Southeast Winds and Flooding from Continental Storms

A massive extratropical storm over the Midwest will bring strong southeast winds to New York Bight and the potential for widespread coastal flooding this Thursday and Friday. Sustained winds in the New York metro area will peak at 25-35 mph and rainfall will total 1-2 inches. The storm will intensify and sit over the Midwest Thursday and Friday before moving northward Friday so that winds will shift to come from the south and then west, bringing an extremely cold air mass into our area.

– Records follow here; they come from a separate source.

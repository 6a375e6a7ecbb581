// The types of this crate.

ghost use Rattle.std.specs.Prelude.{◌<◌, ◌^◌, ◌≤ℤ◌, pos};
ghost use Rattle.mz_value.specs.Ranges.{greatest};

use mz_arena::Id;
use mz_core::Program;
use mz_eval_cells::Known;
use mz_eval_scopes::Env;
use mz_model_names::HeldName;

/// A program, the greatest work, and how far a free `int` reaches from 0.
#[derive(Drop)]
pub(crate) struct Task<'a> {
    pub(crate) program: &'a Program,
    pub(crate) budget: u64,
    pub(crate) int_range: i64,
    ghost small: { budget < 2 ^ 63 },
    ghost from_zero: { pos 0 ≤ℤ int_range },
    ghost in_limit: { int_range ≤ℤ greatest },
}

/// The names that are declared so far, whose slots count from 0, the cell of each slot, and how many
/// parts the names have.
#[derive(Drop)]
pub(crate) struct Names {
    pub(crate) list: Vec<HeldName>,
    pub(crate) env: Env,
    pub(crate) parts: u64,
}

/// A constraint in hand: its cell, and its roots; none where it is par and true.
#[derive(Drop)]
pub(crate) struct HeldConstraint {
    pub(crate) cell: Known,
    pub(crate) roots: Vec<Id>,
}
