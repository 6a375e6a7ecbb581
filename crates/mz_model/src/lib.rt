// The walk over a model, term by term: a typed program → its instance.
#![tactic(auto)]

mod conjuncts;
mod constraints;
mod declarations;
mod ending;
mod evaluation;
mod forms;
mod matching;
mod objective;
mod start;
mod types;
mod walk;
mod whole;

pub use walk::model;
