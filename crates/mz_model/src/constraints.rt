// The constraints, in source order: each has a cell, and roots, unless it is par and true; a written
// conjunction has a root for each operand.

ghost use Rattle.std.specs.Prelude.{map};
ghost use Rattle.mz_core.specs.TreeViews.{tree};
ghost use Rattle.mz_model.specs.Walks.{AreReadable, ConstraintEnds, names_of};
ghost use Rattle.mz_model.specs.Loops.{ConstraintsEnd};

use crate::conjuncts::operand_count;
use crate::declarations::world_in;
use crate::evaluation::expanded;
use crate::types::{HeldConstraint, Names, Task};
use mz_base::Stop;
use mz_core::Core;
use mz_eval_scopes::Env;
use mz_model_names::constraint_roots;
use mz_model_state::{walks_are_closed, walks_go_on};
use mz_symbol::Run;
use std::alloc::Global;

/// One more constraint: its cell, and its roots. `untold` is for `operand_count` alone.
fn constrain_next(
    alloc: Global,
    task: &Task,
    names: &Names,
    e: &Core,
    untold: &mut Option<Env>,
    run: &mut Run,
) -> Result<HeldConstraint, Stop>
    requires { AreReadable names.now }
    ensures { ConstraintEnds task.now run.old run.new (names_of names.now) (tree e.now) result }
{
    walks_go_on();
    walks_are_closed();
    let world = world_in(&*task, &*names);
    let cell = expanded(alloc, &world, e, run)?;
    let count = operand_count(alloc, &world, names.list.len() as u64, e, &cell, untold);
    let Ok(roots) = constraint_roots(alloc, run, &cell, count) else {
        return Err(Stop::Memory);
    };
    Ok(HeldConstraint { cell, roots })
}

/// The constraints, in source order.
#[tactic(auto, using(crate::proofs::Constrained::one_more_in_hand, crate::proofs::Constrained::all_in_hand, crate::proofs::Constrained::none_in_hand))]
pub(crate) fn constrain_each(
    alloc: Global,
    task: &Task,
    names: &Names,
    all: &[Core],
    run: &mut Run,
) -> Result<Vec<HeldConstraint>, Stop>
    requires { AreReadable names.now }
    ensures { ConstraintsEnd task.now run.old run.new (names_of names.now) (map tree all.now) result }
{
    let mut cs = Vec::new(alloc);
    let mut untold = None;
    for e in all {
        let c = constrain_next(alloc, task, names, e, &mut untold, run)?;
        let Ok(()) = cs.push(c) else {
            return Err(Stop::Memory);
        };
    }
    Ok(cs)
}
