// Generators, declarations, items of lets and operators of chains, made from parts that are there.

ghost use Rattle.std.specs.Prelude.{◌≡◌, map};
ghost use Rattle.std.specs.Option.{option_map};
ghost use Rattle.mz_core.specs.Types.{plain_type};
ghost use Rattle.mz_core.specs.Paths.{path_links};
ghost use Rattle.mz_core.specs.Tree as pure;
ghost use Rattle.mz_core.specs.TreeViews.{tree, decl, declared_type, gen, item, step};

use mz_base::{Name, Span};
use mz_core::{Coercion, Core, CoreDecl, CoreGen, CoreItem, CoreStep, CoreType, TypeInst};

/// A generator over a set or an array, with a slot for each of its names.
pub fn make_generator(slots: Vec<u64>, set: Core, cond: Option<Core>) -> CoreGen
    ensures { gen result ≡ record { slots = slots.items; set = tree set; cond = option_map tree cond } }
{
    CoreGen { slots, set, cond }
}

/// A declared type, with an index set or `None` for each dimension, and the set of its values.
pub fn make_declared_type(
    span: Span,
    ty: TypeInst,
    index: Vec<Option<Core>>,
    set: Option<Core>,
) -> CoreType
    ensures { declared_type result ≡ record { span = span; ty = plain_type ty; index = map (option_map tree) index.items; set = option_map tree set } }
{
    CoreType {
        span,
        ty,
        index,
        set,
    }
}

pub fn make_declaration(
    slot: u64,
    name: Name,
    span: Span,
    ty: CoreType,
    value: Option<Core>,
) -> CoreDecl
    ensures { decl result ≡ record { slot = slot; name = name; span = span; ty = declared_type ty; value = option_map tree value } }
{
    CoreDecl {
        slot,
        name,
        span,
        ty,
        value,
    }
}

/// A declaration as an item of a `let`.
pub fn make_local(d: CoreDecl) -> CoreItem
    ensures { item result ≡ pure.declares (decl d) }
{
    CoreItem::Decl(d)
}

/// A constraint as an item of a `let`.
pub fn make_constraint(e: Core) -> CoreItem
    ensures { item result ≡ pure.constrains (tree e) }
{
    CoreItem::Constraint(e)
}

/// An operator of a chain, with the place where its second operand begins and the coercions of its two operands.
pub fn make_step(
    start: Span,
    row: u32,
    ty: TypeInst,
    left: Vec<(Coercion, TypeInst)>,
    right: Vec<(Coercion, TypeInst)>,
    operand: Core,
) -> CoreStep
    ensures { step result ≡ record { start = start; row = row; ty = plain_type ty; left = path_links left.items; right = path_links right.items; operand = tree operand } }
{
    CoreStep {
        start,
        row,
        ty,
        left,
        right,
        operand,
    }
}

The Stevens Flood Advisory System (http://stevens.edu/SFAS) provides forecasts for the NY/NJ Harbor region with detailed coastal ocean and river models and an ensemble of storm data from the US, European and Canadian models. Given the coincidence of spring tides plus storm surge, there is a significant risk of coastal flooding for our region Thursday evening through Friday morning. On Friday morning’s high tide, there is potential for moderate coastal flood thresholds to be exceeded at all harbor regions and even major flood thresholds in the lowest-lying areas. Peak storm surge across the area is predicted to be 2-5 feet within 90% confidence. Central forecasts for peak water levels are forecast to be 5.0 feet NAVD88 for Battery (Figure 1) and 5.6.feet at Jamaica Bay (Figure 2). The near-worst-case scenarios (95th-percentile) are 6.2 feet and 6.7 feet, respectively, a National Weather Service designated “moderate flood” at New York Harbor and “major flood” for Jamaica Bay and some other low-lying areas.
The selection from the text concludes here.